Lecture #07: Code Generation & Compilation

Date: Feb 14 2024

Slides: https://15721.courses.cs.cmu.edu/spring2024/slides/07-compilation.pdf

Reading

Efficiently Compiling Efficient Query Plans for Modern Hardware (T. Neumann, VLDB 2011)
Generating Code for Holistic Query Evaluation (K. Krikellas, et al., ICDE 2010) (Optional)
Bringing Compiling Databases to RISC Architectures (F. Gruber, et al., VLDB 2023) (Optional)
How to Architect a Query Compiler (A. Shaikhha, et al., SIGMOD 2016) (Optional)
Adaptive Execution of Compiled Queries (A. Kohn, et al., ICDE 2018) (Optional)

Raw Lecture Notes

The 2011 paper from Thomas Neumman is a “seminal” paper, despite it not being the introduction of query compilation for DBMSs.
- (MS has a paper from 2011 too, the original academic paper is Hique from 2016)
Code compilation/specialization is all about reducing instruction count.
There’s 2 variations:
- Source-to-source or transpilation (this might be a full generation like generating C++, or using LLVM)
- JIT compilation
The generation process makes the code harder to debug, but very good for performance.

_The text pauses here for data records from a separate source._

ghost use Rattle.std.specs.Prelude.{◌≡◌, ◌<◌, ◌++◌, ◌∷◌, [], List, ℕ, length, OnOk, IfSome, IfNone};
ghost use Rattle.cl_lines.specs.Lines.{CutsLine, words_of, plain_line};
ghost use Rattle.cl_bundle.specs.Sections.{is_config};
ghost use Rattle.cl_bundle.specs.Cuts.{BodyOf, CutOf, OpeningOf, SectionLineOf};

use crate::fault::BundleFault;
use cl_lines::{Line, Lines, Words, is_skipped};
use cl_names::{Name, class_name};
use std::alloc::{AllocError, Global};

/// The bytes of a class, as a bundle has them.
#[derive(Drop)]
pub struct ClassSection<'a> {
    /// The line of `%class`, counted from 1.
    pub line: usize,
    pub loader: &'a str,
    pub name: Name,
    /// The lines up to the next section line.
    pub body: &'a str,
}

/// The sections of a bundle, as they stand in its text.
#[derive(Drop)]
pub struct Sections<'a> {
    pub config: &'a str,
    pub classes: Vec<ClassSection<'a>>,
    /// What follows the line `%script`.
    pub script: &'a str,
}

/// The lines of a section, and the section line that ends it.
#[derive(Drop)]
struct Body<'a> {
    text: &'a str,
    end: End<'a>,
}

/// A section line: of a class, with its number, loader and name, or of the script.
#[derive(Drop)]
enum End<'a> {
    Class(usize, &'a str, Name),
    Script,
}

/// Cuts a bundle into its sections, and finds the first section line that is wrong.
pub fn cut<'a>(alloc: Global, text: &'a str) -> Result<Sections<'a>, BundleFault>
    ensures { CutOf text.entry.now result }
{
    let mut lines = Lines::new(text);
    take_config_line(&mut lines)?;
    let Body {
        text: config,
        mut end,
    } = next_body(alloc, &mut lines)?;
    let mut classes = Vec::new(alloc);
    while let End::Class(line, loader, name) = end {
        let body = next_body(alloc, &mut lines)?;
        let section = ClassSection {
            line,
            loader,
            name,
            body: body.text,
        };
        push(&mut classes, section)?;
        end = body.end;
    }
    Ok(Sections {
        config,
        classes,
        script: lines.rest(),
    })
}

fn push<'a>(
    classes: &mut Vec<ClassSection<'a>>,
    section: ClassSection<'a>,
) -> Result<(), AllocError>
    ensures { OnOk result (classes.new.items ≡ classes.old.items ++ section.entry ∷ []) }
{
    classes.push(section)?;
    Ok(())
}

/// The next line, which takes something off the text.
fn next_line<'a>(lines: &mut Lines<'a>) -> Option<Line<'a>>
    ensures cut { IfSome result
        (λ l. CutsLine lines.old (plain_line l) lines.new) }
    ensures less { IfSome result (λ _. length lines.new.text < length lines.old.text) }
    ensures end { IfNone result (lines.old.text ≡ []) }
{
    lines.next()
}

/// Takes off the line `%config`, which only skipped lines may precede, with those.
fn take_config_line(lines: &mut Lines<'_>) -> Result<(), BundleFault>
    ensures { OpeningOf lines.old result lines.new }
{
    while let Some(line) = next_line(lines) {
        if !is_skipped(line.text) {
            return if is_config(line.text) {
                Ok(())
            } else {
                Err(BundleFault::BadLine(line.number))
            };
        }
    }
    Err(BundleFault::BadLine(0))
}

/// Whether a line is `%config` alone.
fn is_config(line: &str) -> bool
    ensures { result ≡ is_config (words_of line.now) }
{
    let mut words = Words::new(line);
    words.next() == Some("%config") && words.next().is_none()
}

/// The lines up to the next section line, and that line.
#[tactic(auto, using(crate::proofs::Cutting::parts_of_line))]
fn next_body<'a>(alloc: Global, lines: &mut Lines<'a>) -> Result<Body<'a>, BundleFault>
    ensures body { BodyOf lines.old result lines.new }
    ensures less { OnOk result (length lines.new.text < length lines.old.text) }
{
    let start = lines.rest();
    loop {
        let here = lines.rest();
        let Some(line) = lines.next() else {
            return Err(BundleFault::BadLine(0));
        };
        if let Some(end) = section_line(alloc, line.number, line.text)? {
            let text = before(start, here);
            return Ok(Body { text, end });
        }
    }
}

/// What precedes `rest` in a text that ends in it.
fn before<'a>(text: &'a str, rest: &str) -> &'a str
    requires { (front : List ℕ) × (text.now ≡ front ++ rest.now) }
    ensures { text.now ≡ result.now ++ rest.now }
{
    let (front, _) = text.split_at(text.len() - rest.len());
    front
}

/// The section line that a line is, if it is one.
fn section_line<'a>(
    alloc: Global,
    number: usize,
    line: &'a str,
) -> Result<Option<End<'a>>, BundleFault>
    ensures { SectionLineOf number line.entry.now result }
{
    let mut words = Words::new(line);
    match words.next() {
        Some("%class") => match (words.next(), words.next(), words.next()) {
            (Some(loader), Some(name), None) => match class_name(alloc, name)? {
                Some(name) => Ok(Some(End::Class(number, loader, name))),
                None => Err(BundleFault::BadLine(number)),
            },
            _ => Err(BundleFault::BadLine(number)),
        },
        Some("%script") if words.next().is_none() => Ok(Some(End::Script)),
        Some("%script" | "%config") => Err(BundleFault::BadLine(number)),
        _ => Ok(None),
    }
}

It’s especially hard to debug LLVM code, raw C++ generated code is a easier to reason about.
(Postgres is doing some JIT? WHERE clause? I need to look into this, I’m curious)
Typically, DBMS systems codegen only a few things, in this order:
- predicate evaluation
- query operators
- stored procedures
- …
With shared/linked code like in Hique (see paper above), the generated code can call any regular function in the rest of the DBMS code like network or I/O stuff.
Query Compilation Cost
- Big topic. How can systems prevent high code compilation costs that can easily be larger than the query execution time if interpreted?
- The more complex the query, the bigger the compilation time.
- Idea from 2018 paper: run an LLVM IR interpreter in parallell to the compilation.
- (I also know that SingleStore supports an interpret_first mode where the first time a query is run, it is interpreted. And the compilation runs async and will be used for later executions. SingleStore supports other modes too.)
Redshift
- query fragments are compiled to templated C++ code
- paper from SIGMOD 2022 talks about a global cache of these for all customers of Redshift with a 99.9+% hit rate
SQLite
- they also do some compilation
- it generates some bytecode for a custom VM
The VLDB 2021 paper on Umbra is probably good for me to read.